→ **Aim of the task**
Look through the lines below, find those with the word "ImageSpelling", and copy them.

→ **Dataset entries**
* * * * *
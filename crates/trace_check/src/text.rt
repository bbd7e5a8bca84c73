// The line of a finding.
ghost use Rattle.std.specs.Prelude.{◌≡◌};
ghost use Rattle.trace_check.specs.Text.{finding_line};

use crate::finding::Finding;
use line_text::{LineText, put_number};

/// Writes the line of a finding, with its line feed: `legal`, or `broken`, the number of the line and
/// the word of the rule.
pub fn write_finding(finding: Finding, text: &mut LineText)
    ensures { text.new.bytes ≡ finding_line finding }
{
    text.clear();
    match finding {
        Finding::Legal => text.push_str("legal\n"),
        Finding::Broken { line, rule } => {
            text.push_str("broken");
            put_number(text, line);
            text.push_str(" ");
            text.push_str(rule.word());
            text.push_str("\n");
        }
    }
}
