// A report is checked line by line.
ghost use Rattle.std.specs.Prelude.{◌≡◌, ◌≤◌};
ghost use Rattle.trace_check.specs.Found.{Finds, stop_at, finding_at};

use crate::trace::Trace;
use blk_base::OutOfMemory;
use blk_io::Source;
use checked_rules::Rule;
use report_lines::{ReadStop, ReportLines};
use schedule_text::Line;
use std::alloc::Global;

/// What a check finds.
#[derive(Clone, Copy, PartialEq, Eq)]
pub enum Finding {
    /// Each line keeps all rules, and the last is `end`.
    Legal,
    /// The first line that breaks a rule, from 1, and the first rule that it breaks; where a report
    /// ends without `end`, the line after its last breaks `Rule::Order`.
    Broken { line: u64, rule: Rule },
}

/// Why a check finds nothing.
#[derive(Clone, Copy, PartialEq, Eq)]
pub enum CheckStop {
    /// This line, from 1, is no line of a report, or lacks its line feed.
    BadLine(u64),
    /// The source failed.
    Source,
    /// As many bytes were taken as may be.
    TooLong,
    /// There is not enough memory.
    OutOfMemory,
}

impl From<OutOfMemory> for CheckStop {
    ghost use Rattle.trace_check.specs.declared.finding.CheckStop.TheVariants.{OutOfMemory};

    ghost from_gives = { λ _ stop. stop ≡ OutOfMemory };

    fn from(_e: OutOfMemory) -> CheckStop {
        CheckStop::OutOfMemory
    }
}

// Why no line could be read where the line of this number was to come.
fn stop_at(number: u64, stop: ReadStop) -> CheckStop
    ensures { result ≡ stop_at number stop }
{
    match stop {
        ReadStop::BadLine => CheckStop::BadLine(number),
        ReadStop::Source => CheckStop::Source,
        ReadStop::TooLong => CheckStop::TooLong,
        ReadStop::OutOfMemory => CheckStop::OutOfMemory,
    }
}

// The finding where the source has come to its end, and the line of this number was to come.
fn finding_at(number: u64, ended: bool) -> Finding
    ensures { result ≡ finding_at number ended }
{
    if ended {
        Finding::Legal
    } else {
        Finding::Broken {
            line: number,
            rule: Rule::Order,
        }
    }
}

/// Reads a report of the source, in its bytes up to `bytes_limit`, which is at most 4294967296, and
/// finds the first line that breaks a rule. It reads up to that line, or to the source's end.
/// `BadLine` where a line comes first that is none of a report; `Source` where the source failed;
/// `TooLong` where `bytes_limit` bytes were taken and neither the end nor such a line came;
/// `OutOfMemory` for want of memory.
pub fn check<S: Source>(
    alloc: Global,
    bytes_limit: u64,
    source: &mut S,
) -> Result<Finding, CheckStop>
    requires limit { bytes_limit ≤ 4294967296 }
    ensures finds { Finds bytes_limit result (S.seen source.old) (S.seen source.new) }
{
    let mut report = ReportLines::new(alloc, bytes_limit);
    let mut trace = Trace::new(alloc);
    let mut line = Line::End;
    let mut number = 1;
    loop {
        match report.next_into(source, &mut line) {
            Ok(true) => {}
            Ok(false) => return Ok(finding_at(number, trace.has_ended())),
            Err(stop) => return Err(stop_at(number, stop)),
        }
        if let Some(rule) = trace.take(&line)? {
            return Ok(Finding::Broken { line: number, rule });
        }
        number += 1;
    }
}
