//! The names of tables and actions, and the ranks of their entries.

ghost use Rattle.std.specs.Prelude.{◌≡◌, ◌++◌, ◌<◌, ◌^◌, length, OnOk};
ghost use Rattle.rmt_config.specs.ImageSpelling.{spelled_name, spelled_action, spelled_rank, spelled_table_kind, spelled_ranks, spelled_table, spelled_names};
ghost use Rattle.rmt_items.specs.CountsFit.{CountsFitAction, CountsFitTable, CountsFitNames};

use crate::writing::spelled::{Spelled, put_four, put_list8, put_list16, put_list32};
use rmt_ast::name::Name;
use rmt_ast::names::{ActionName, Names, RankOf, TableName};
use rmt_ast::program::Kind;
use std::alloc::AllocError;

fn put_name(out: &mut Vec<u8>, name: &Name) -> Result<(), AllocError>
    requires { length name.now < 2 ^ 32 }
    ensures { OnOk result (out.new.items ≡ out.old.items ++ spelled_name name.now) }
{
    put_four(out, name.len() as u32)?;
    out.extend_from_slice(name.as_slice())
}

impl Spelled for ActionName {
    ghost spelling = { spelled_action };

    ghost fits = { CountsFitAction };

    fn put(&self, out: &mut Vec<u8>) -> Result<(), AllocError> {
        put_name(out, &self.name)?;
        put_list8(out, self.params.as_slice())
    }
}

impl Spelled for RankOf {
    ghost spelling = { spelled_rank };

    fn put(&self, out: &mut Vec<u8>) -> Result<(), AllocError> {
        put_four(out, self.number)?;
        put_four(out, self.rank)
    }
}

fn kind_byte(kind: Kind) -> u8
    ensures { result ≡ spelled_table_kind kind }
{
    match kind {
        Kind::Exact => 0,
        Kind::Prefix => 1,
        Kind::Ternary => 2,
        Kind::Keyless => 3,
    }
}

fn put_ranks(out: &mut Vec<u8>, kind: Kind, ranks: &[RankOf]) -> Result<(), AllocError>
    requires { length ranks.now < 2 ^ 32 }
    ensures { OnOk result (out.new.items ≡ out.old.items ++ spelled_ranks kind ranks.now) }
{
    match kind {
        Kind::Ternary => put_list32(out, ranks),
        Kind::Keyless | Kind::Exact | Kind::Prefix => Ok(()),
    }
}

impl Spelled for TableName {
    ghost spelling = { spelled_table };

    ghost fits = { CountsFitTable };

    fn put(&self, out: &mut Vec<u8>) -> Result<(), AllocError> {
        out.push(self.node as u8)?;
        put_name(out, &self.name)?;
        out.push(kind_byte(self.kind))?;
        put_four(out, self.size)?;
        put_list16(out, self.keys.as_slice())?;
        put_list8(out, self.actions.as_slice())?;
        put_ranks(out, self.kind, self.ranks.as_slice())
    }
}

/// The names of tables, where there are names.
pub fn put_names(out: &mut Vec<u8>, names: &Option<Names>) -> Result<(), AllocError>
    requires { CountsFitNames names.now }
    ensures put { OnOk result (out.new.items ≡ out.old.items ++ spelled_names names.now) }
{
    match names {
        None => Ok(()),
        Some(names) => put_list8(out, names.tables.as_slice()),
    }
}
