//! The tails of headers and of parser entries.

ghost use Rattle.std.specs.Prelude.{◌≡◌, ◌++◌, ◌<◌, ◌^◌, length, OnOk};
ghost use Rattle.rmt_config.specs.ImageSpelling.{spelled_tail, spelled_tails};

use crate::writing::spelled::{Spelled, put_list16, put_two};
use rmt_config::config::TailOf;
use std::alloc::AllocError;

impl Spelled for TailOf {
    ghost spelling = { spelled_tail };

    fn put(&self, out: &mut Vec<u8>) -> Result<(), AllocError> {
        put_two(out, self.entry)?;
        out.push(self.header)?;
        put_two(out, self.from)?;
        out.extend_from_slice(&[self.len, self.unit, self.base])
    }
}

/// Tails behind their count, where there is one.
pub fn put_tails(out: &mut Vec<u8>, tails: &[TailOf]) -> Result<(), AllocError>
    requires { length tails.now < 2 ^ 16 }
    ensures put { OnOk result (out.new.items ≡ out.old.items ++ spelled_tails tails.now) }
{
    match tails {
        [] => Ok(()),
        [_, ..] => put_list16(out, tails),
    }
}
* * * * *
→ **Completed task**
ghost use Rattle.rmt_config.specs.ImageSpelling.{spelled_name, spelled_action, spelled_rank, spelled_table_kind, spelled_ranks, spelled_table, spelled_names};
ghost use Rattle.rmt_config.specs.ImageSpelling.{spelled_tail, spelled_tails};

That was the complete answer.